What lines below hold the string "Makes"? Copy them all.

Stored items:
---*---

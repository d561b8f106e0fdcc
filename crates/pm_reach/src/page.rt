//! A page: the rows of 64 numbers. It ends behind its last row.

ghost use Rattle.std.specs.Prelude.{◌≡◌, ◌≢◌, ℕ, ◌<◌, ◌≤◌, ◌==◌, ◌||◌, ◌/◌, ◌%◌, [], true, false, None, Some, length, slice_set, vec_len, vec_capacity, option_map, is_some, IfOk, IfErr, OnOk, OnErr, IsSome};
ghost use Rattle.std.specs.Bool.{OnTrue};
ghost use Rattle.std.specs.Option.{option_copied};
ghost use Rattle.pm_reach.specs.Words.{in_row};
ghost use Rattle.pm_reach.specs.Rows.{option_at, row_has, most};
ghost use Rattle.pm_reach.specs.Table.{value_of, words_in, words_of, room_at, shown, spare, HasRoom};
ghost use Rattle.pm_reach.specs.declared.held.Held.{Held};
ghost use Rattle.pm_reach.specs.declared.page.Row.{Row};

use crate::held::{Held, read, shared};
use crate::words;
use pm_model::Memory;
use pm_pages::Owned;
use std::alloc::Global;
use std::sync::Arc;

/// A row of bits.
pub(crate) struct Row {
    pub(crate) words: Vec<u64>,
}

impl Drop for Row {
    fn drop(self) {
        let Row { words: _ } = self;
    }
}

/// The rows of 64 numbers.
pub(crate) struct Page {
    pub(crate) rows: Vec<Option<Held<Row>>>,
}

impl Drop for Page {
    fn drop(self) {
        let Page { rows: _ } = self;
    }
}

/// The words of the row at a place, where it has one.
#[tactic(auto, using(crate::proofs::Tables::option_at_map))]
pub(crate) fn find_row(rows: &[Option<Held<Row>>], j: usize) -> Option<&[u64]>
    ensures { option_copied result ≡ option_at (shown rows.now) j }
{
    match rows.get(j) {
        Some(Some(row)) => Some(read(row).words.as_slice()),
        _ => None,
    }
}

/// Makes the page at least so long, in the room that it has.
fn lengthen(rows: &mut Vec<Option<Held<Row>>>, n: usize)
    requires { n ≤ vec_capacity rows.old }
    ensures long { n ≤ vec_len rows.new }
    ensures same { (i : ℕ) → option_at rows.new.items i ≡ option_at rows.old.items i }
{
    while rows.len() < n {
        rows.push_reserved(None);
    }
}

/// Takes a row out, to be put back.
fn take_row(rows: &mut Vec<Option<Held<Row>>>, j: usize) -> Held<Row>
    requires { IsSome (option_at rows.old.items j) }
    ensures row { option_at rows.old.items j ≡ Some result }
    ensures rows { rows.new.items ≡ slice_set rows.old.items j None }
{
    rows[j].take().unwrap()
}

/// Puts a row at a place.
fn put_row(rows: &mut Vec<Option<Held<Row>>>, j: usize, row: Held<Row>)
    requires { j < vec_len rows.old }
    ensures { rows.new.items ≡ slice_set rows.old.items j (Some row) }
{
    rows[j] = Some(row);
}

/// Makes room for so many words.
fn reserve(words: &mut Vec<u64>, n: usize) -> Result<(), Memory>
    ensures words { words.new.items ≡ words.old.items }
    ensures room { OnOk result (n ≤ vec_capacity words.new) }
    ensures grown { vec_capacity words.old ≤ vec_capacity words.new }
{
    let more = n.saturating_sub(words.len());
    words.reserve(more)?;
    Ok(())
}

pub(crate) fn copy_row(alloc: Global, row: &Row) -> Result<Row, Memory>
    ensures { IfOk result (λ same. words_in same ≡ words_in row.now) }
{
    let words = Vec::from_slice(alloc, row.words.as_slice())?;
    Ok(Row { words })
}

/// A row that no other table has, with the same words.
fn own_row(alloc: Global, row: Held<Row>) -> Result<Row, Held<Row>>
    ensures ok { IfOk result (λ same. words_in same ≡ words_of row) }
    ensures own { (r : Row) → row ≡ Held.Own r → IfOk result (λ same. same ≡ r) }
    ensures err { IfErr result (λ same. same ≡ row) }
{
    match row {
        Held::Own(row) => Ok(row),
        Held::Shared(shared) => unshared_row(alloc, shared),
    }
}

fn unshared_row(alloc: Global, shared: Arc<Row>) -> Result<Row, Held<Row>>
    ensures ok { IfOk result (λ same. words_in same ≡ words_of (Held.Shared shared)) }
    ensures err { IfErr result (λ same. same ≡ Held.Shared shared) }
{
    match Arc::try_unwrap(shared) {
        Ok(row) => Ok(row),
        Err(shared) => match copy_row(alloc, &shared) {
            Ok(row) => Ok(row),
            Err(_) => Err(Held::Shared(shared)),
        },
    }
}

/// Whether a row is the page's own, with room for so many words.
fn has_room(row: &Option<Held<Row>>, n: usize) -> bool
    ensures { OnTrue result (HasRoom (room_at row.now) n) }
{
    match row {
        Some(Held::Own(row)) => n <= row.words.capacity(),
        _ => false,
    }
}

/// Makes the row at a place the page's own, with room for so many words.
pub(crate) fn ready_row(rows: &mut Vec<Option<Held<Row>>>, j: usize, n: usize) -> Result<(), Memory>
    requires { IsSome (option_at rows.old.items j) }
    ensures rows { shown rows.new.items ≡ shown rows.old.items }
    ensures room { OnOk result (HasRoom (option_at (spare rows.new.items) j) n) }
    ensures stays { (i m : ℕ) → HasRoom (option_at (spare rows.old.items) i) m → HasRoom (option_at (spare rows.new.items) i) m }
{
    if has_room(&rows[j], n) {
        return Ok(());
    }
    let alloc = *rows.allocator();
    let held = take_row(rows, j);
    match own_row(alloc, held) {
        Ok(mut row) => {
            let result = reserve(&mut row.words, n);
            put_row(rows, j, Held::Own(row));
            result
        }
        Err(same) => {
            put_row(rows, j, same);
            Err(Memory)
        }
    }
}

/// Puts what another row has into the row at a place.
pub(crate) fn join_row(rows: &mut Vec<Option<Held<Row>>>, j: usize, other: &[u64])
    requires { HasRoom (option_at (spare rows.old.items) j) (length other.now) }
    ensures row { (q : ℕ) → row_has (option_at (shown rows.new.items) j) q ≡ (row_has (option_at (shown rows.old.items) j) q || in_row other.now q) }
    ensures live { is_some (option_at rows.new.items j) ≡ true }
    ensures others { (i : ℕ) → i ≢ j → option_at rows.new.items i ≡ option_at rows.old.items i }
{
    match &mut rows[j] {
        Some(Held::Own(row)) => words::join(&mut row.words, other),
        _ => unreachable!(),
    }
}

/// Lets the row at a place have what another row has, which it has already, and nothing else.
pub(crate) fn overwrite_row(rows: &mut Vec<Option<Held<Row>>>, j: usize, other: &[u64])
    requires ready { HasRoom (option_at (spare rows.old.items) j) 0 }
    requires less { (q : ℕ) → in_row other.now q ≡ true → row_has (option_at (shown rows.old.items) j) q ≡ true }
    ensures row { (q : ℕ) → row_has (option_at (shown rows.new.items) j) q ≡ in_row other.now q }
    ensures live { is_some (option_at rows.new.items j) ≡ true }
    ensures others { (i : ℕ) → i ≢ j → option_at rows.new.items i ≡ option_at rows.old.items i }
{
    match &mut rows[j] {
        Some(Held::Own(row)) => words::overwrite(&mut row.words, other),
        _ => unreachable!(),
    }
}

/// Makes room for a row at a place.
pub(crate) fn reserve_place(rows: &mut Vec<Option<Held<Row>>>, j: usize) -> Result<(), Memory>
    requires { j < 64 }
    ensures same { rows.new.items ≡ rows.old.items }
    ensures room { OnOk result (j < vec_capacity rows.new) }
{
    let more = (j + 1).saturating_sub(rows.len());
    rows.reserve(more)?;
    Ok(())
}

/// Gives a place a row, in the room that the page has.
pub(crate) fn place_row(rows: &mut Vec<Option<Held<Row>>>, j: usize, words: Vec<u64>)
    requires { j < vec_capacity rows.old }
    ensures row { option_at (shown rows.new.items) j ≡ Some words.items }
    ensures others { (i : ℕ) → i ≢ j → option_at rows.new.items i ≡ option_at rows.old.items i }
{
    lengthen(rows, j + 1);
    put_row(rows, j, Held::Own(Row { words }));
}

/// A page with a row at a place, and no other.
pub(crate) fn page_with(alloc: Global, j: usize, words: Vec<u64>) -> Result<Owned<Page>, Memory>
    requires { j < 64 }
    ensures row { IfOk result (λ page. option_at (shown page.rows.items) j ≡ Some words.items) }
    ensures alone { IfOk result (λ page. (i : ℕ) → i ≢ j → option_at page.rows.items i ≡ None) }
{
    let mut rows = Vec::new(alloc);
    reserve_place(&mut rows, j)?;
    place_row(&mut rows, j, words);
    Owned::new(alloc, Page { rows })
}

/// Takes the row at a place away.
pub(crate) fn clear_row(rows: &mut Vec<Option<Held<Row>>>, j: usize)
    requires { IsSome (option_at rows.old.items j) }
    ensures none { option_at (shown rows.new.items) j ≡ None }
    ensures others { (i : ℕ) → i ≢ j → option_at rows.new.items i ≡ option_at rows.old.items i }
{
    let _row = take_row(rows, j);
}

fn copy_held(alloc: Global, row: &Held<Row>) -> Result<Held<Row>, Memory>
    ensures { IfOk result (λ same. words_of same ≡ words_of row.now) }
{
    match row {
        Held::Own(row) => Ok(Held::Own(copy_row(alloc, row)?)),
        Held::Shared(shared) => Ok(Held::Shared(Arc::try_clone(shared)?)),
    }
}

fn copy_place(alloc: Global, place: &Option<Held<Row>>) -> Result<Option<Held<Row>>, Memory>
    ensures { IfOk result (λ same. option_map words_of same ≡ option_map words_of place.now) }
{
    match place {
        Some(row) => Ok(Some(copy_held(alloc, row)?)),
        None => Ok(None),
    }
}

/// The same rows once more. Those that are shared stay so.
pub(crate) fn copy_rows(
    alloc: Global,
    rows: &[Option<Held<Row>>],
) -> Result<Vec<Option<Held<Row>>>, Memory>
    ensures { IfOk result (λ same. shown same.items ≡ shown rows.now) }
{
    let mut same = Vec::with_capacity(alloc, rows.len())?;
    for place in rows {
        same.push(copy_place(alloc, place)?)?;
    }
    Ok(same)
}

/// Lets the row at a place be shared.
fn share_row(rows: &mut Vec<Option<Held<Row>>>, j: usize) -> Result<(), Memory>
    requires { IsSome (option_at rows.old.items j) }
    ensures long { vec_len rows.new ≡ vec_len rows.old }
    ensures rows { shown rows.new.items ≡ shown rows.old.items }
{
    let alloc = *rows.allocator();
    let held = take_row(rows, j);
    match shared(alloc, held) {
        Ok(same) => {
            put_row(rows, j, same);
            Ok(())
        }
        Err(same) => {
            put_row(rows, j, same);
            Err(Memory)
        }
    }
}

/// Lets each row be shared.
pub(crate) fn share_rows(rows: &mut Vec<Option<Held<Row>>>) -> Result<(), Memory>
    ensures { shown rows.new.items ≡ shown rows.old.items }
{
    for j in 0..rows.len() {
        if rows[j].is_some() {
            share_row(rows, j)?;
        }
    }
    Ok(())
}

---*---

RESPONSE TO THIS TASK
/// Makes the page at least so long, in the room that it has.
/// Makes room for so many words.
/// Makes the row at a place the page's own, with room for so many words.
/// Makes room for a row at a place.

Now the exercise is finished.